In reply to harold walmsley:
Ok I think I can see here the confusion lays here.
I will explain later, however I still ascertain that:
- As compared to pulling a sling in opposite directions from single points, when loading it so that one of the load points forms an angle between the strands of the sling greater than 0, this does indeed increase the tensional force in the sling. (you refuted this occurred below 120 degrees)
- The greater the angle (up to 180 degrees) the greater the multiplicative factor and that this increases exponentially to infinity at 180 degrees.
- There is no magical value of 120 degrees where less than this value the tensional force in the sling does not increase
- In fact 120 degrees applies double the tensional force to the sling
- 160 degrees applies a multiplication of approx. 5.75 (truncated) as I previously stated but refuted by Harold.

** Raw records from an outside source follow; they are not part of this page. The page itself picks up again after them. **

// Sums and bounds of spans.

ghost use Rattle.std.specs.Prelude.{◌≡◌, ◌+ℤ◌, ◌-ℤ◌, ◌||◌, ◌&&◌, Some, None, if◌then◌else◌};
ghost use Rattle.slack_meaning.specs.Spans.{exactly, is_near, lies_near, is_number, span_less, span_max, span_sum};

use slack_meaning::Span;

/// The farthest that a span may reach, in machine units (mu).
pub const FARTHEST: i64 = 1 << 62;

/// The span of one number.
pub fn exactly(number: i64) -> Span
    ensures { result ≡ exactly number }
{
    Span {
        least: number,
        greatest: number,
    }
}

/// Whether a span is a number.
pub fn is_number(span: Span) -> bool
    ensures { result ≡ is_number span }
{
    span.least == span.greatest
}

/// Whether two spans are numbers.
pub fn are_both_numbers(a: Span, b: Span) -> bool
    ensures { result ≡ (is_number a && is_number b) }
{
    is_number(a) && is_number(b)
}

// Whether a number lies near enough.
fn lies_near(number: i64) -> bool
    ensures { result ≡ lies_near number }
{
    -FARTHEST <= number && number <= FARTHEST
}

/// Whether a span is a number or doesn't reach too far.
pub fn is_near_or_number(span: Span) -> bool
    ensures { result ≡ (is_number span || is_near span) }
{
    is_number(span) || lies_near(span.least) && lies_near(span.greatest)
}

// The sum of two numbers, if it lies near enough.
fn near_sum(a: i64, b: i64) -> Option<i64>
    ensures { result ≡ (if lies_near (a +ℤ b) then Some (a +ℤ b) else None) }
{
    let number = a.checked_add(b)?;
    if lies_near(number) {
        Some(number)
    } else {
        None
    }
}

// A number less another, if it lies near enough.
fn near_difference(a: i64, b: i64) -> Option<i64>
    ensures { result ≡ (if lies_near (a -ℤ b) then Some (a -ℤ b) else None) }
{
    let number = a.checked_sub(b)?;
    if lies_near(number) {
        Some(number)
    } else {
        None
    }
}

/// The sum of two spans, end by end, if it doesn't reach too far.
pub fn sum(a: Span, b: Span) -> Option<Span>
    ensures { result ≡ (if is_near (span_sum a b) then Some (span_sum a b) else None) }
{
    let least = near_sum(a.least, b.least)?;
    let greatest = near_sum(a.greatest, b.greatest)?;
    Some(Span { least, greatest })
}

/// A span less a number, end by end, if it doesn't reach too far.
pub fn less(a: Span, number: i64) -> Option<Span>
    ensures { result ≡ (if is_near (span_less a number) then Some (span_less a number) else None) }
{
    let least = near_difference(a.least, number)?;
    let greatest = near_difference(a.greatest, number)?;
    Some(Span { least, greatest })
}

/// The greater of two spans at each end.
pub fn greatest(a: Span, b: Span) -> Span
    ensures { result ≡ span_max a b }
{
    Span {
        least: a.least.max(b.least),
        greatest: a.greatest.max(b.greatest),
    }
}
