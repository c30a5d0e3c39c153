// The recordings that a slack run saved.

use rtio_types::Name;
use slack_meaning::{Span, SpanEvent};
use std::alloc::AllocError;
use std::marker::Model;

/// A recording whose stamps and length may be spans. Contracts see it as a list and a span.
#[derive(Debug, Drop)]
pub struct SpanRecording {
    /// Its outputs, with stamps from its start in machine units (mu).
    pub events: Vec<SpanEvent>,
    /// How far its playback moves the cursor, in mu.
    pub length: Span,
}

impl Model for SpanRecording {
    ghost use Rattle.slack_meaning.specs.Actions.{SpanRecording as Kept};

    ghost Value = { Kept };

    ghost view = { λ r. record { events = r.events.items; length = r.length } };
}

/// A name that was saved, with its last recording if it wasn't erased since. Contracts see it as a pair.
#[derive(Debug, Drop)]
pub struct Saved {
    name: Name,
    recording: Option<SpanRecording>,
}

impl Model for Saved {
    ghost use Rattle.std.specs.Prelude.{List, ℕ, Option};
    ghost use Rattle.slack_meaning.specs.Actions.{SpanRecording as Kept};

    ghost Value = { List ℕ × Option Kept };

    ghost view = { λ s. (s.name, s.recording) };
}

impl Saved {
    ghost use Rattle.std.specs.Prelude.{◌≡◌, bytes_eq, option_map};

    // Whether this is its name.
    fn is_named(&self, name: &Name) -> bool
        ensures { result ≡ bytes_eq name.now self.now.0 }
    {
        name.bytes() == self.name.bytes()
    }

    // Its recording, if it wasn't erased.
    fn recording(&self) -> Option<&SpanRecording>
        ensures { option_map (λ r. r.now) result ≡ self.now.1 }
    {
        self.recording.as_ref()
    }

    // Has this recording from now on, or none.
    fn replace(&mut self, recording: Option<SpanRecording>)
        ensures { self.new ≡ (self.old.0, recording) }
    {
        self.recording = recording;
    }
}

ghost use Rattle.std.specs.Prelude.{◌≡◌, IfOk, Some, option_map};
ghost use Rattle.slack_meaning.specs.Answers.{at_hand, is_known, with_recording};

/// Whether a name was saved.
pub fn is_known(saved: &[Saved], name: &Name) -> bool
    ensures { result ≡ is_known saved.now name.now }
{
    for entry in saved.iter() {
        if entry.is_named(name) {
            return true;
        }
    }
    false
}

// How many names a run may save.
const MOST_NAMES: usize = 1_000;

/// Whether 1,000 names were saved, and this isn't one of them.
pub fn is_full_for(saved: &[Saved], name: &Name) -> bool
    ensures { result ≡ (nat_le 1000 (length saved.now) && not (is_known saved.now name.now)) }
{
    MOST_NAMES <= saved.len() && !is_known(saved, name)
}

ghost use Rattle.std.specs.Prelude.{length, nat_le, not, ◌&&◌};

/// The recording of a name, if it was saved and not erased since.
pub fn at_hand<'b>(saved: &'b [Saved], name: &Name) -> Option<&'b SpanRecording>
    ensures { option_map (λ r. r.now) result ≡ at_hand saved.now name.now }
{
    for entry in saved.iter() {
        if entry.is_named(name) {
            return entry.recording();
        }
    }
    None
}

// The place of a name among some, if it was saved.
fn place_of(saved: &[Saved], name: &Name) -> Option<usize>
    ensures { IsPlaceOf name.now saved.now result }
{
    for i in 0..saved.len() {
        if saved[i].is_named(name) {
            return Some(i);
        }
    }
    None
}

ghost use Rattle.std.specs.Prelude.{IsSome, None};
ghost use Rattle.slack_state.specs.Places.{IsPlaceOf};

/// Erases the recording of a name that is at hand. The name keeps its place.
pub fn forget(saved: &mut [Saved], name: &Name)
    requires { IsSome (at_hand saved.old name.now) }
    ensures { saved.new ≡ with_recording saved.old name.now None }
{
    match place_of(saved, name) {
        Some(place) => saved[place].replace(None),
        None => unreachable!(),
    }
}

/// Lets a name have this recording: in its place, or at the end where it wasn't saved before. The only error is want of
/// memory.
pub fn remember(
    saved: &mut Vec<Saved>,
    name: Name,
    recording: SpanRecording,
) -> Result<(), AllocError>
    ensures { IfOk result (λ _. saved.new.items ≡ with_recording saved.old.items name (Some recording)) }
{
    match place_of(saved.as_slice(), &name) {
        Some(place) => saved[place].replace(Some(recording)),
        None => saved.push(Saved {
            name,
            recording: Some(recording),
        })?,
    }
    Ok(())
}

Right now on to where the confusion lays. The UIAA rating for slings (
http://www.theuiaa.org/upload_area/Safety/Standards/Safety-Standards-Pictor... ) is not the tensional force per strand of the sling either side of the pull points. The kn stated are the force it takes to pull the sling apart. This is why I was considering the sling as a single unit when coming to my formulae for calculating the forces on the sling, so we could compare it to the rated strength of the sling in the example given. Much the same as a rope is made of strands but we generally consider the strength of the rope not of the strands.
The tension of the sling considered as a single unit in the setup shown in the UIAA diagram is 22kn. However if we consider the strands either side of the sling ( or indeed the tension within the strand that makes up the sling in a frictionless setup) I would agree the formula changes and we would expect it to be approximately 11kn in the set up shown and agreeing with Harolds formula. However bear in mind a dyneema sling rated to 22kn, as a single unconnected strand has approx. breaking strength of 16 kn. Also that doesn't mean that the tension in the strand that makes up the sling is rated to 22kn, it is not.
Anyway the divide by 2 the Harold added matters not to the calculation of my multiplicative forces as all it does is divide every result by two and the values I calculated remain the same.
I will prove that my original calculations on how forces are multiplied at various angles are correct. I will do this using Harold's Formula and a weight of 1KN.
T/P=1/[2cos(F/2)] (given by Harold)
Ok a pull in opposite directions gives an angle of 0
So Tension in the strand of the sling is
1/2*cos(0) = 0.5 this is our base case
An angle of 90
1/2*cos(45) = 0.707
An angle of 120
1/2*cos(60) = 1
An angle of 160
1/2*cos(80) = 2.879
An angle of 180
1/2*cos(90) = infinitiy
As you can see, as the original tensional force in the strand was 0.5 the multiplicative factors on the tensional forces are 1.414 for 90 degrees 2 for 120 degrees and 5.75 for 160 degrees as I previously stated. Also you can see that as soon as any angle is added between the strands the tension in the sling increases and that this increases exponentially, there is no magic angle (120 degrees for example ) that below this increase does not occur (the only angle with none is zero)
I hope this clears things up
Post edited at 11:23